▶ [SUPPLIED MATERIAL]:

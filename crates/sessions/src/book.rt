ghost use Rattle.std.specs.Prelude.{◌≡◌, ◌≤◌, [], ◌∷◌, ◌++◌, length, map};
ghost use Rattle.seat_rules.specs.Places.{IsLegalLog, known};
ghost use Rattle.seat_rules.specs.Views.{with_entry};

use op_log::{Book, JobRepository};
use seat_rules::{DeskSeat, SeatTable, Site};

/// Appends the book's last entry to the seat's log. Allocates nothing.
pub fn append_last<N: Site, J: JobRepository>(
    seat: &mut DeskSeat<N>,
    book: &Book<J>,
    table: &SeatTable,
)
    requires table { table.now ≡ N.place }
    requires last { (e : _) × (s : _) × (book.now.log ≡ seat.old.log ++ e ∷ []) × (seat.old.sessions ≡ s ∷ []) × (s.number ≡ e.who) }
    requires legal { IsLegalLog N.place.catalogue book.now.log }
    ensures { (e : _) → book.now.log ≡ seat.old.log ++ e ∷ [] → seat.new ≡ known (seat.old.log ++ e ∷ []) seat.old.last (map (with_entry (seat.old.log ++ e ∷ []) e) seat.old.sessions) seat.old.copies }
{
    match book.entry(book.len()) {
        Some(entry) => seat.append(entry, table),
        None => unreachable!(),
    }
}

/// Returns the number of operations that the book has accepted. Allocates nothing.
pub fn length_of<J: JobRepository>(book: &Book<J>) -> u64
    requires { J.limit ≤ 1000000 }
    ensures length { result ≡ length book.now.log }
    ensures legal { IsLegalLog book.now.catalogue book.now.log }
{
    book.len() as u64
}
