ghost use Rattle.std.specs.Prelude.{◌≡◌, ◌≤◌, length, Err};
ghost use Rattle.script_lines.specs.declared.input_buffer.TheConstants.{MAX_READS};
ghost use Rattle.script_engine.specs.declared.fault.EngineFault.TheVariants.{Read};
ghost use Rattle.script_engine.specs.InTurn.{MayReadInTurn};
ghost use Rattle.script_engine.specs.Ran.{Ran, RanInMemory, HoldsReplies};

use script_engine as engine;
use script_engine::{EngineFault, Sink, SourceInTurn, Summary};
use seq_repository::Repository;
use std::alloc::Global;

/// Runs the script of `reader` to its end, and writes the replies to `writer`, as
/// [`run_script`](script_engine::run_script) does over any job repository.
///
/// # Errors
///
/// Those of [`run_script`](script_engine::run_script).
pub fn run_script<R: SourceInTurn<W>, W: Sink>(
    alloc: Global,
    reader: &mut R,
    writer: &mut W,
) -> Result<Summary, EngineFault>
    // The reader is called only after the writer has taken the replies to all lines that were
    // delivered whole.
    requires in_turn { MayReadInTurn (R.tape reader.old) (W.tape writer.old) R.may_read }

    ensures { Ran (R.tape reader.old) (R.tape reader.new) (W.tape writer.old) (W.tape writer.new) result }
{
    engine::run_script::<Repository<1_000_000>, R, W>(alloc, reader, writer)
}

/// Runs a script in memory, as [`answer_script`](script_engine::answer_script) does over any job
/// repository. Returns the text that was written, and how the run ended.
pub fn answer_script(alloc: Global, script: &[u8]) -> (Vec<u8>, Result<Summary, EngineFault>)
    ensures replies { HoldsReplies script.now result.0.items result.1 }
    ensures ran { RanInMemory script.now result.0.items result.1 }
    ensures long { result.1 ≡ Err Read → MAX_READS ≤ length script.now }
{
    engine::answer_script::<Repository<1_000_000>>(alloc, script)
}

▶ [PROBLEM REQUIREMENTS]: Could you copy each line above word for word?

▶ [REPLY TO THE TASK]:
filename crates/sessions/src/book.rt
ghost use Rattle.std.specs.Prelude.{◌≡◌, ◌≤◌, [], ◌∷◌, ◌++◌, length, map};
ghost use Rattle.seat_rules.specs.Places.{IsLegalLog, known};
ghost use Rattle.seat_rules.specs.Views.{with_entry};

use op_log::{Book, JobRepository};
use seat_rules::{DeskSeat, SeatTable, Site};

/// Appends the book's last entry to the seat's log. Allocates nothing.
pub fn append_last<N: Site, J: JobRepository>(
    seat: &mut DeskSeat<N>,
    book: &Book<J>,
    table: &SeatTable,
)
    requires table { table.now ≡ N.place }
    requires last { (e : _) × (s : _) × (book.now.log ≡ seat.old.log ++ e ∷ []) × (seat.old.sessions ≡ s ∷ []) × (s.number ≡ e.who) }
    requires legal { IsLegalLog N.place.catalogue book.now.log }
    ensures { (e : _) → book.now.log ≡ seat.old.log ++ e ∷ [] → seat.new ≡ known (seat.old.log ++ e ∷ []) seat.old.last (map (with_entry (seat.old.log ++ e ∷ []) e) seat.old.sessions) seat.old.copies }
{
    match book.entry(book.len()) {
        Some(entry) => seat.append(entry, table),
        None => unreachable!(),
    }
}

/// Returns the number of operations that the book has accepted. Allocates nothing.
pub fn length_of<J: JobRepository>(book: &Book<J>) -> u64
    requires { J.limit ≤ 1000000 }
    ensures length { result ≡ length book.now.log }
    ensures legal { IsLegalLog book.now.catalogue book.now.log }
{
    book.len() as u64
}
ghost use Rattle.std.specs.Prelude.{◌≡◌, ◌≤◌, length, Err};
ghost use Rattle.script_lines.specs.declared.input_buffer.TheConstants.{MAX_READS};
ghost use Rattle.script_engine.specs.declared.fault.EngineFault.TheVariants.{Read};
ghost use Rattle.script_engine.specs.InTurn.{MayReadInTurn};
ghost use Rattle.script_engine.specs.Ran.{Ran, RanInMemory, HoldsReplies};

use script_engine as engine;
use script_engine::{EngineFault, Sink, SourceInTurn, Summary};
use seq_repository::Repository;
use std::alloc::Global;

/// Runs the script of `reader` to its end, and writes the replies to `writer`, as
/// [`run_script`](script_engine::run_script) does over any job repository.
///
/// # Errors
///
/// Those of [`run_script`](script_engine::run_script).
pub fn run_script<R: SourceInTurn<W>, W: Sink>(
    alloc: Global,
    reader: &mut R,
    writer: &mut W,
) -> Result<Summary, EngineFault>
    // The reader is called only after the writer has taken the replies to all lines that were
    // delivered whole.
    requires in_turn { MayReadInTurn (R.tape reader.old) (W.tape writer.old) R.may_read }

    ensures { Ran (R.tape reader.old) (R.tape reader.new) (W.tape writer.old) (W.tape writer.new) result }
{
    engine::run_script::<Repository<1_000_000>, R, W>(alloc, reader, writer)
}

/// Runs a script in memory, as [`answer_script`](script_engine::answer_script) does over any job
/// repository. Returns the text that was written, and how the run ended.
pub fn answer_script(alloc: Global, script: &[u8]) -> (Vec<u8>, Result<Summary, EngineFault>)
    ensures replies { HoldsReplies script.now result.0.items result.1 }
    ensures ran { RanInMemory script.now result.0.items result.1 }
    ensures long { result.1 ≡ Err Read → MAX_READS ≤ length script.now }
{
    engine::answer_script::<Repository<1_000_000>>(alloc, script)
}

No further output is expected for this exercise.